Date of Award

12-1994

Degree Name

Doctor of Philosophy

Department

Mathematics

First Advisor

Dr. Joeseph McKean

Second Advisor

Dr. Bradley Huitema

Abstract

The analysis of a particular time-series intervention model involving lag one autoregressive (AR(1)) error terms is the focus of this dissertation. The method of ordinary least squares, and several two stage procedures that are commonly used to analyze this intervention model are examined. The two stage Cochrane-Orcutte, Durbin, and generalized least squares procedures each requires estimation of the AR(1) parameter in stage one before hypothesis testing about the intervention parameters can be performed in stage two. Using Monte Carlo experiments we show that the AR(1) estimates commonly used in these procedures are poor and consequently the stage two hypothesis tests are unreliable. Simulation results confirm also that ordinary least squares analysis is inappropriate because the error terms are not independent.

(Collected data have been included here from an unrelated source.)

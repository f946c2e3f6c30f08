//! How a row is found by its digits, and where it leads, as one number.

ghost use Rattle.std.specs.Prelude.{◌≡◌, ◌%◌, ◌^◌, ◌<◌, All, IfSome, IfOk, OnOk, OnErr, None, if◌then◌else◌, is_some};
ghost use Rattle.sccp_relay.specs.Digits.{with_value};
ghost use Rattle.sccp_relay.specs.Nodes.{stored};
ghost use Rattle.settings.specs.TitleRanges.{HasTitleRanges, HasChangeRanges};
ghost use Rattle.sccp_relay.specs.Ways.{IsRow, IsRoute, IsSsn, key_digits, way_of, is_plain, lead_of, route_number, ssn_number, route_of, row_led, leads_of};

use crate::changing::is_unchanged;
use crate::places::key_of;
use crate::{Trie, TrieFault};
use arrayvec::ArrayVec;
use sccp_codec::TitleKey;
use settings::{TitleRoute, TitleRow};
use signalling_types::{Limits, PointCode, Ssn};
use std::alloc::{AllocError, Global};

/// How many digits of its key a way begins with.
const KEY_DIGITS: usize = 5;

/// The most digits of a way.
const WAY_DIGITS: usize = KEY_DIGITS + Limits::TITLE_DIGITS;

/// How many points there are: a point has 14 bits (Q.704 §2.2.3).
const POINTS: u32 = 1 << 14;

/// How many subsystem numbers there are, 0 included.
const SUBSYSTEMS: u32 = 256;

/// What is added to where a row leads, if it has a backup or changes titles.
pub(crate) const MORE: u32 = 2 * SUBSYSTEMS * POINTS;

/// The digits of a key: two of the translation type, the plan, two of the nature.
pub(crate) fn key_digits(key: TitleKey) -> [u8; KEY_DIGITS]
    ensures { result ≡ key_digits key }
{
    [
        key.translation / 16,
        key.translation % 16,
        key.plan,
        key.nature / 16,
        key.nature % 16,
    ]
}

/// The way to a row: the digits of its key, and its own.
pub(crate) fn way_of(row: &TitleRow) -> ArrayVec<u8, WAY_DIGITS>
    ensures way { result.items ≡ way_of row.now }
    ensures digits { All (λ digit. digit < 16) result.items }
    ensures ranges { HasTitleRanges row.now.plan row.now.nature row.now.digits }
{
    let mut way = ArrayVec::new();
    way.try_extend_from_slice(&key_digits(key_of(row))).unwrap();
    way.try_extend_from_slice(row.digits()).unwrap();
    way
}

/// Where a row leads, as one number, and whether it is plain.
pub(crate) fn lead_of(row: &TitleRow) -> u32
    ensures lead { result ≡ lead_of row.now }
    ensures point { row.now.point < 2 ^ 14 }
    ensures route { IsRoute row.now.route }
    ensures backup { IfSome row.now.backup (λ point. point < 2 ^ 14) }
    ensures change { HasChangeRanges row.now.change }
{
    let more = if is_plain(row) { 0 } else { MORE };
    more + (route_number(row.route()) * POINTS + u32::from(row.point().code()))
}

/// Whether a row has no backup, and changes no titles.
fn is_plain(row: &TitleRow) -> bool
    ensures value { result ≡ is_plain row.now }
    ensures backup { IfSome row.now.backup (λ point. point < 2 ^ 14) }
    ensures change { HasChangeRanges row.now.change }
{
    let is_unchanged = is_unchanged(row.change());
    !has_backup(row) && is_unchanged
}

/// Whether a row has a backup.
fn has_backup(row: &TitleRow) -> bool
    ensures value { result ≡ is_some row.now.backup }
    ensures backup { IfSome row.now.backup (λ point. point < 2 ^ 14) }
{
    match row.backup() {
        Some(point) => {
            let _point = point.code();
            true
        }
        None => false,
    }
}

/// How a row is routed, as a number.
fn route_number(route: TitleRoute) -> u32
    ensures number { result ≡ route_number route }
    ensures fits { result < 2 ^ 9 }
    ensures route { IsRoute route }
{
    match route {
        TitleRoute::Title(ssn) => ssn_number(ssn),
        TitleRoute::Ssn(ssn) => SUBSYSTEMS + u32::from(ssn.number()),
    }
}

/// The number of a subsystem, or 0 if there is none.
fn ssn_number(ssn: Option<Ssn>) -> u32
    ensures number { result ≡ ssn_number ssn }
    ensures fits { result < 2 ^ 8 }
    ensures ssn { IfSome ssn IsSsn }
{
    match ssn {
        Some(ssn) => u32::from(ssn.number()),
        None => 0,
    }
}

/// How a row with such a number is routed.
fn route_of(number: u32) -> TitleRoute
    ensures { result ≡ route_of number }
{
    match Ssn::new((number % SUBSYSTEMS) as u8) {
        None => TitleRoute::Title(None),
        Some(ssn) if number < SUBSYSTEMS => TitleRoute::Title(Some(ssn)),
        Some(ssn) => TitleRoute::Ssn(ssn),
    }
}

/// The point of such a number.
fn point_of(lead: u32) -> PointCode
    ensures { result ≡ lead % 2 ^ 14 }
{
    PointCode::new((lead % POINTS) as u16).unwrap()
}

/// The plain row of this key and these digits that leads there.
pub(crate) fn row_led(key: TitleKey, digits: &[u8], lead: u32) -> TitleRow
    requires { HasTitleRanges key.plan key.nature digits.now }
    ensures { result ≡ row_led key digits.now lead }
{
    TitleRow::new(
        key.translation,
        key.plan,
        key.nature,
        digits,
        point_of(lead),
        route_of(lead / POINTS),
    )
    .unwrap()
}

/// Makes a trie lead to a row. Refused Present if it leads to one of this way; otherwise NoMemory if there is no room
/// for its way. A refusal leaves it as it was.
pub(crate) fn enter(trie: &mut Trie, row: &TitleRow) -> Result<(), TrieFault>
    ensures entered { OnOk result (stored trie.new ≡ with_value (stored trie.old) (way_of row.now) (lead_of row.now)) }
    ensures free { OnOk result (stored trie.old (way_of row.now) ≡ None) }
    ensures unchanged { OnErr result (trie.new ≡ trie.old) }
    ensures row { IsRow row.now }
{
    trie.insert(way_of(row).as_slice(), lead_of(row))
}

/// Makes a trie that leads to a row of this way lead to this one in its place. Nothing changes if it leads to none.
pub(crate) fn replace(trie: &mut Trie, row: &TitleRow)
    ensures replaced { stored trie.new ≡ (if is_some (stored trie.old (way_of row.now))
        then with_value (stored trie.old) (way_of row.now) (lead_of row.now) else stored trie.old) }
    ensures row { IsRow row.now }
{
    let _ = trie.replace(way_of(row).as_slice(), lead_of(row));
}

/// A trie that leads to each of these rows, no two with the same way.
pub(crate) fn trie_of(alloc: Global, rows: &[TitleRow]) -> Result<Trie, AllocError>
    ensures leads { IfOk result (λ trie. stored trie ≡ leads_of rows.now) }
    ensures rows { OnOk result (All IsRow rows.now) }
{
    let mut trie = Trie::new(alloc);
    for row in rows {
        if enter(&mut trie, row).is_err() {
            return Err(AllocError);
        }
    }
    Ok(trie)
}
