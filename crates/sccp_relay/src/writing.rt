//! Messages rewritten.

ghost use Rattle.std.specs.Prelude.{◌≡◌, ◌≤◌, Some, None, IfSome, if◌then◌else◌};
ghost use Rattle.sccp_codec.specs.ExtendedValues.{extended_of};
ghost use Rattle.sccp_codec.specs.Values.{address_of, parts_value};
ghost use Rattle.sccp_relay.specs.Relay as rule;
ghost use Rattle.sccp_relay.specs.Sccp.{Extended, with_new_parts, lowered};
ghost use Rattle.sccp_relay.specs.Values.{made_or, sccp_of, written_in};

use crate::changing::TitleOctets;
use crate::message::{Message, lowered_hops};
use mtp3_codec::Label;
use sccp_codec::{Address, ExtendedUnitdata, Field, Parts, Routing, Udt, Udts, Unitdata};
use settings::{TitleRoute, TitleRow};
use signalling_types::{Limits, PointCode, Ssn};

/// Writes a message for another point with these parts at the front of the field, after a label from this one with the
/// same link selection, and returns how many octets it has. Its hop counter is one lower. None if it would be too long.
pub(crate) fn write_lowered(
    point: PointCode,
    own: PointCode,
    label: Label,
    message: &Message<'_>,
    parts: &Parts<'_>,
    field: &mut Field,
) -> Option<usize>
    ensures text { written_in result field.new ≡ rule.written point own label
        (with_new_parts (lowered (sccp_of message.now)) (parts_value parts.now)) }
    ensures label { IfSome result (λ count. 4 ≤ count) }
    ensures fits { IfSome result (λ count. count ≤ Limits.SIF_OCTETS) }
{
    let label = label_to(point, own, label).write();
    let written = match message {
        Message::Plain(Unitdata::Udt(udt)) => {
            let udt = Udt {
                class_octet: udt.class_octet,
                parts: same_parts(parts),
            };
            udt.write(label, field)
        }
        Message::Plain(Unitdata::Udts(udts)) => {
            let udts = Udts {
                return_cause: udts.return_cause,
                parts: same_parts(parts),
            };
            udts.write(label, field)
        }
        Message::Extended(extended) => lowered(extended, parts).write(label, field),
    };
    written.ok()
}

/// An extended message with these parts, and its hop counter one lower.
fn lowered<'a>(extended: &'a ExtendedUnitdata<'_>, parts: &'a Parts<'_>) -> ExtendedUnitdata<'a>
    ensures { Extended (extended_of result)
        ≡ with_new_parts (lowered (Extended (extended_of extended.now))) (parts_value parts.now) }
{
    ExtendedUnitdata {
        kind: extended.kind,
        hop_counter: lowered_hops(extended),
        parts: Parts {
            called: anew(&parts.called),
            calling: anew(&parts.calling),
            data: parts.data,
        },
        optional: extended.optional,
    }
}

/// The label of a message from this point to another, which keeps the link selection.
pub(crate) fn label_to(point: PointCode, own: PointCode, label: Label) -> Label
    ensures { result ≡ rule.label_to point own label }
{
    Label {
        dpc: point,
        opc: own,
        sls: label.sls,
    }
}

/// The subsystem number at the point that a row leads to: that of the row, if it has one, else that of the address, if
/// it has one (Q.714 §2.4).
pub(crate) fn ssn_by(route: TitleRoute, ssn: Option<u8>) -> Option<u8>
    ensures { result ≡ rule.ssn_by route ssn }
{
    match route {
        TitleRoute::Title(other) => number_or(other, ssn),
        TitleRoute::Ssn(other) => Some(other.number()),
    }
}

/// The number of a subsystem, if there is one, else the other.
fn number_or(ssn: Option<Ssn>, other: Option<u8>) -> Option<u8>
    ensures { result ≡ rule.number_or ssn other }
{
    match ssn {
        Some(ssn) => Some(ssn.number()),
        None => other,
    }
}

/// What an address is routed by at that point.
fn routing_by(route: TitleRoute) -> Routing
    ensures { result ≡ rule.routing_by route }
{
    match route {
        TitleRoute::Title(_) => Routing::Title,
        TitleRoute::Ssn(_) => Routing::Ssn,
    }
}

/// The called address, as a row leads it on with these octets as its title, or without any with its own: it no longer
/// names a point.
pub(crate) fn led<'a>(
    row: &TitleRow,
    address: &'a Address<'_>,
    changed: &'a Option<TitleOctets>,
) -> Address<'a>
    ensures { address_of result ≡ rule.led row.now (address_of address.now)
        (made_or address.now.title.now (λ octets. octets.items) changed.now) }
{
    Address {
        national: address.national,
        routing: routing_by(row.route()),
        point: None,
        ssn: ssn_by(row.route(), address.ssn),
        title_indicator: address.title_indicator,
        title: title_or(address.title, changed),
    }
}

/// The octets that were made, or else these.
fn title_or<'a>(came: &'a [u8], changed: &'a Option<TitleOctets>) -> &'a [u8]
    ensures { result.now ≡ made_or came.now (λ octets. octets.items) changed.now }
{
    match changed {
        Some(octets) => octets.as_slice(),
        None => came,
    }
}

pub(crate) fn same<'a>(address: &Address<'a>) -> Address<'a>
    ensures { address_of result ≡ address_of address.now }
{
    Address {
        point: address.point,
        ..*address
    }
}

/// The same address, for as long as it is lent.
pub(crate) fn anew<'a>(address: &'a Address<'_>) -> Address<'a>
    ensures { address_of result ≡ address_of address.now }
{
    Address {
        national: address.national,
        routing: address.routing,
        point: address.point,
        ssn: address.ssn,
        title_indicator: address.title_indicator,
        title: address.title,
    }
}

pub(crate) fn same_parts<'a>(parts: &Parts<'a>) -> Parts<'a>
    ensures { parts_value result ≡ parts_value parts.now }
{
    Parts {
        called: same(&parts.called),
        calling: same(&parts.calling),
        data: parts.data,
    }
}
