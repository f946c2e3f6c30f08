//! Why a value isn't stored.

ghost use Rattle.std.specs.Prelude.{◌≡◌};
ghost use Rattle.sccp_relay.specs.Faults.{fault_number};

/// Why a value isn't stored. The numbers are part of the interface.
#[derive(Clone, Copy, Debug, PartialEq, Eq)]
pub enum TrieFault {
    /// A value is stored at these digits.
    Present = 1,
    /// There is no memory for it.
    NoMemory = 2,
}

impl TrieFault {
    /// The fault's number, 1 or 2.
    pub fn number(self) -> u8
        ensures { result ≡ fault_number self }
    {
        self as u8
    }
}
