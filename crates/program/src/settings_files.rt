//! Files of settings: each is read and parsed once, then its warnings are written, and its settings read and checked.

ghost use Rattle.std.specs.Prelude.{◌≡◌, ℕ, List, Ok, IfOk, IfErr};
ghost use Rattle.toml.specs.View.{table_view};
ghost use Rattle.settings_file.specs.Parsed.{AreDocument};
ghost use Rattle.program.specs.Folders.{FileRead};
ghost use Rattle.program.specs.Program.{HasSettings, EndsAtFile};

use crate::ending::{tell_file_fault, tell_no_document, tell_no_memory};
use crate::explaining::{explain_unread, warn, warn_of_values};
use crate::folder::{FileFault, Folder};
use crate::program::Status;
use script::Sink;
use settings::Settings;
use settings_file::{document_in, read_document};
use std::alloc::Global;
use toml::Table;

/// A settings file that was read and parsed.
#[derive(Drop)]
pub(crate) struct ParsedFile {
    /// What is in it.
    pub octets: Vec<u8>,
    /// The document that it is.
    pub document: Table,
}

/// The settings of a node in a file, after warnings of unknown keys; or how the program ends without them.
pub(crate) fn settings_of<F: Folder, W: Sink, E: Sink>(
    alloc: Global,
    folder: &F,
    file: &str,
    writer: &mut W,
    errors: &mut E,
) -> Result<Settings, Status>
    ensures settings { IfOk result (λ settings. (read : FileRead) × F.reads folder.now file.now read
        × HasSettings file.now read settings (E.output errors.old) (E.output errors.new)
        × (W.output writer.new ≡ W.output writer.old)) }
    ensures ended { IfErr result (λ ended. (read : FileRead) × F.reads folder.now file.now read
        × EndsAtFile file.now read (W.output writer.old) (W.output writer.new)
        (E.output errors.old) (E.output errors.new) ended) }
{
    let parsed = match parsed_file(alloc, folder, file, writer, errors) {
        Ok(parsed) => parsed,
        Err(status) => return Err(status),
    };
    let settings = settings_in(alloc, file, &parsed, writer, errors);
    drop(parsed);
    settings
}

/// A file, parsed to its document, or how the program ends without one.
pub(crate) fn parsed_file<F: Folder, W: Sink, E: Sink>(
    alloc: Global,
    folder: &F,
    file: &str,
    writer: &mut W,
    errors: &mut E,
) -> Result<ParsedFile, Status>
    ensures document { IfOk result (λ parsed. F.reads folder.now file.now (Ok parsed.octets.items)
        × AreDocument parsed.octets.items (table_view parsed.document)) }
    ensures unwritten { IfOk result (λ _. W.output writer.new ≡ W.output writer.old) }
    ensures untold { IfOk result (λ _. E.output errors.new ≡ E.output errors.old) }
    ensures ended { IfErr result (λ ended. (read : FileRead) × F.reads folder.now file.now read
        × EndsAtFile file.now read (W.output writer.old) (W.output writer.new)
        (E.output errors.old) (E.output errors.new) ended) }
{
    match folder.read(alloc, file) {
        Ok(octets) => with_document(alloc, file, octets, writer, errors),
        Err(FileFault::Unread(why)) => {
            explain_unread(alloc, file, why, errors);
            Err(Status::Stream)
        }
        Err(FileFault::NoMemory) => Err(tell_no_memory(writer)),
    }
}

/// A file of these octets with its document, or how the program ends without one.
fn with_document<W: Sink, E: Sink>(
    alloc: Global,
    file: &str,
    octets: Vec<u8>,
    writer: &mut W,
    errors: &mut E,
) -> Result<ParsedFile, Status>
    ensures octets { IfOk result (λ parsed. parsed.octets.items ≡ octets.items) }
    ensures document { IfOk result (λ parsed. AreDocument octets.items (table_view parsed.document)) }
    ensures unwritten { IfOk result (λ _. W.output writer.new ≡ W.output writer.old) }
    ensures untold { IfOk result (λ _. E.output errors.new ≡ E.output errors.old) }
    ensures ended { IfErr result (EndsAtFile file.now (Ok octets.items) (W.output writer.old) (W.output writer.new)
        (E.output errors.old) (E.output errors.new)) }
{
    let document = document_of(alloc, file, octets.as_slice(), writer, errors)?;
    Ok(ParsedFile { octets, document })
}

/// The document of the octets of a file, or how the program ends without one.
fn document_of<W: Sink, E: Sink>(
    alloc: Global,
    file: &str,
    octets: &[u8],
    writer: &mut W,
    errors: &mut E,
) -> Result<Table, Status>
    ensures document { IfOk result (λ document. AreDocument octets.now (table_view document)) }
    ensures unwritten { IfOk result (λ _. W.output writer.new ≡ W.output writer.old) }
    ensures untold { IfOk result (λ _. E.output errors.new ≡ E.output errors.old) }
    ensures ended { IfErr result (EndsAtFile file.now (Ok octets.now) (W.output writer.old) (W.output writer.new)
        (E.output errors.old) (E.output errors.new)) }
{
    let Ok(read) = document_in(alloc, file, octets) else {
        return Err(tell_no_memory(writer));
    };
    match read {
        Ok(document) => Ok(document),
        Err(why) => Err(tell_no_document(why.as_str(), writer, errors)),
    }
}

/// The settings of a node in the document of a file, after warnings of unknown keys; or how the program ends without
/// them.
pub(crate) fn settings_in<W: Sink, E: Sink>(
    alloc: Global,
    file: &str,
    parsed: &ParsedFile,
    writer: &mut W,
    errors: &mut E,
) -> Result<Settings, Status>
    requires { AreDocument parsed.now.octets.items (table_view parsed.now.document) }
    ensures settings { IfOk result (λ settings. HasSettings file.now (Ok parsed.now.octets.items) settings
        (E.output errors.old) (E.output errors.new) × (W.output writer.new ≡ W.output writer.old)) }
    ensures ended { IfErr result (EndsAtFile file.now (Ok parsed.now.octets.items)
        (W.output writer.old) (W.output writer.new) (E.output errors.old) (E.output errors.new)) }
{
    warn(alloc, file, &parsed.document, errors);
    match read_document(alloc, &parsed.document) {
        Ok(settings) => {
            warn_of_values(alloc, file, &parsed.document, &settings, errors);
            Ok(settings)
        }
        Err(fault) => Err(tell_file_fault(alloc, file, parsed, fault, writer, errors)),
    }
}
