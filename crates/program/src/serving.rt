//! Serving a node on the network, with the settings of a file.

ghost use Rattle.std.specs.Prelude.{ℕ, List, Ok};
ghost use Rattle.toml.specs.View.{table_view};
ghost use Rattle.settings_file.specs.Parsed.{AreDocument};
ghost use Rattle.program.specs.Folders.{FileRead};
ghost use Rattle.program.specs.Program.{ServesFile};

use crate::ending::{tell_no_memory, tell_server_fault};
use crate::explaining::{NO_POLL, tell_made};
use crate::folder::Folder;
use crate::program::Status;
use crate::settings_files::{ParsedFile, parsed_file, settings_in};
use script::Sink;
use served_node::OneLine;
use settings::Settings;
use settings_file::serve::{ConsolePlace, ServeSettings, read_server};
use std::alloc::{AllocError, Global};
use stp_server::{CaptureFault, LogFault, OpenFault, ServeFailure};

/// Why no log goes to a terminal that this program can't open by itself.
const SLOW_TERMINAL: &str =
    "standard output: this terminal can't be opened anew, so its user could hold the node up; \
    have the log go to a file, or through a pipe (stp serve FILE | cat)\n";

/// Serves a node with the settings of a file until it is stopped. Faults are found in this order: the file, the
/// settings of the node, those of the server, memory, and what it opens.
pub(crate) fn serve_file<F: Folder, W: Sink, E: Sink>(
    rt: &HostRuntime,
    folder: &F,
    file: &str,
    writer: &mut W,
    errors: &mut E,
) -> Status
    ensures { (read : FileRead) × F.reads folder.now file.now read × ServesFile file.now read
        (W.output writer.old) (W.output writer.new) (E.output errors.old) (E.output errors.new) result }
{
    let alloc = rt.alloc();
    let parsed = match parsed_file(alloc, folder, file, writer, errors) {
        Ok(parsed) => parsed,
        Err(status) => return status,
    };
    let status = serve_parsed(rt, file, &parsed, writer, errors);
    drop(parsed);
    status
}

/// Serves a node with the settings in a file, if they have no fault.
fn serve_parsed<W: Sink, E: Sink>(
    rt: &HostRuntime,
    file: &str,
    parsed: &ParsedFile,
    writer: &mut W,
    errors: &mut E,
) -> Status
    requires { AreDocument parsed.now.octets.items (table_view parsed.now.document) }
    ensures { ServesFile file.now (Ok parsed.now.octets.items)
        (W.output writer.old) (W.output writer.new) (E.output errors.old) (E.output errors.new) result }
{
    match settings_in(rt.alloc(), file, parsed, writer, errors) {
        Ok(settings) => serve_checked(rt, file, parsed, settings, writer, errors),
        Err(status) => status,
    }
}

/// Serves a node with these settings, if those of the server in the file have no fault.
fn serve_checked<W: Sink, E: Sink>(
    rt: &HostRuntime,
    file: &str,
    parsed: &ParsedFile,
    settings: Settings,
    writer: &mut W,
    errors: &mut E,
) -> Status {
    match read_server(rt.alloc(), &parsed.document) {
        Ok(serve) => serve_with(rt, settings, &serve, file, writer, errors),
        Err(fault) => {
            drop(settings);
            tell_server_fault(rt.alloc(), file, parsed, fault, writer, errors)
        }
    }
}

/// Serves a node with these settings of a file.
fn serve_with<W: Sink, E: Sink>(
    rt: &HostRuntime,
    settings: Settings,
    serve: &ServeSettings,
    file: &str,
    writer: &mut W,
    errors: &mut E,
) -> Status {
    match stp_server::serve(rt, settings, serve, file, writer) {
        Ok(()) => Status::Done,
        Err(failure) => tell_failure(rt.alloc(), failure, serve, writer, errors),
    }
}

/// Explains why nothing is served with these settings.
fn tell_failure<W: Sink, E: Sink>(
    alloc: Global,
    failure: ServeFailure,
    serve: &ServeSettings,
    writer: &mut W,
    errors: &mut E,
) -> Status {
    if let ServeFailure::Open(OpenFault::NoMemory)
    | ServeFailure::Log(LogFault::NoMemory)
    | ServeFailure::Capture(CaptureFault::NoMemory) = failure
    {
        return tell_no_memory(writer);
    }
    tell_made(failure_sentence(alloc, failure, serve), errors);
    Status::Stream
}

/// The sentence that says why nothing is served with these settings.
fn failure_sentence(
    alloc: Global,
    failure: ServeFailure,
    serve: &ServeSettings,
) -> Result<String, AllocError> {
    match failure {
        ServeFailure::Open(fault) => open_sentence(alloc, fault, serve),
        ServeFailure::System => String::from_str(alloc, NO_POLL),
        ServeFailure::Log(_) => String::from_str(alloc, SLOW_TERMINAL),
        ServeFailure::Capture(fault) => {
            let (file, why) = (
                OneLine(serve.capture().unwrap_or("")),
                capture_phrase(fault),
            );
            format!(in alloc; "{file}: {why}\n")
        }
    }
}

/// Why a capture can't go where it is to go.
fn capture_phrase(fault: CaptureFault) -> &'static str {
    match fault {
        CaptureFault::Link => "a symbolic link is there, and a capture follows none",
        CaptureFault::Pipe => "a pipe is there, and a capture needs a file",
        CaptureFault::Folder => "a folder is there, and a capture needs a file",
        CaptureFault::Other =>
            "a socket, a disk or a terminal is there, and a capture needs a file",
        CaptureFault::Settings => "the capture would overwrite the settings",
        CaptureFault::Unmade | CaptureFault::NoMemory => "the capture file can't be made",
    }
}

/// The sentence that says why a server with these settings can't be opened; for lack of memory there is none.
fn open_sentence(
    alloc: Global,
    fault: OpenFault,
    serve: &ServeSettings,
) -> Result<String, AllocError> {
    match fault {
        OpenFault::NoMemory => Err(AllocError),
        OpenFault::Poll => String::from_str(alloc, NO_POLL),
        OpenFault::Random => String::from_str(alloc, "the system gives no random octets\n"),
        OpenFault::Listen(address, kind) => {
            format!(in alloc; "{address}: listening there fails: {kind}\n")
        }
        OpenFault::Console(kind) => {
            let path = console_path(serve);
            format!(in alloc; "{path}: listening there fails: {kind}\n")
        }
        OpenFault::Occupied => {
            let path = console_path(serve);
            format!(in alloc; "{path}: a file that isn't a socket is there\n")
        }
    }
}

/// The path of the console; nothing if it has none.
fn console_path(serve: &ServeSettings) -> &str {
    match serve.console() {
        Some(ConsolePlace::Unix(path)) => path,
        Some(ConsolePlace::Tcp(_)) | None => "",
    }
}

A bootstrap alternative method is developed and the theory presented. Results from Monte Carlo experiments show that the bootstrap method improves estimation of the AR(1) parameter and is more reliable with respect to hypothesis testing about the model parameters. Generalization of the bootstrap method to the intervention model with lag q autoregressive (AR(q)) error terms is developed and demonstrated in simulations of the model with AR(2) errors.

Several rank based estimates of the AR(1) parameter are investigated with respect to their robustness to contamination of the error terms. The robustness of the bootstrap hypothesis testing method to misidentification of the error terms is also investigated.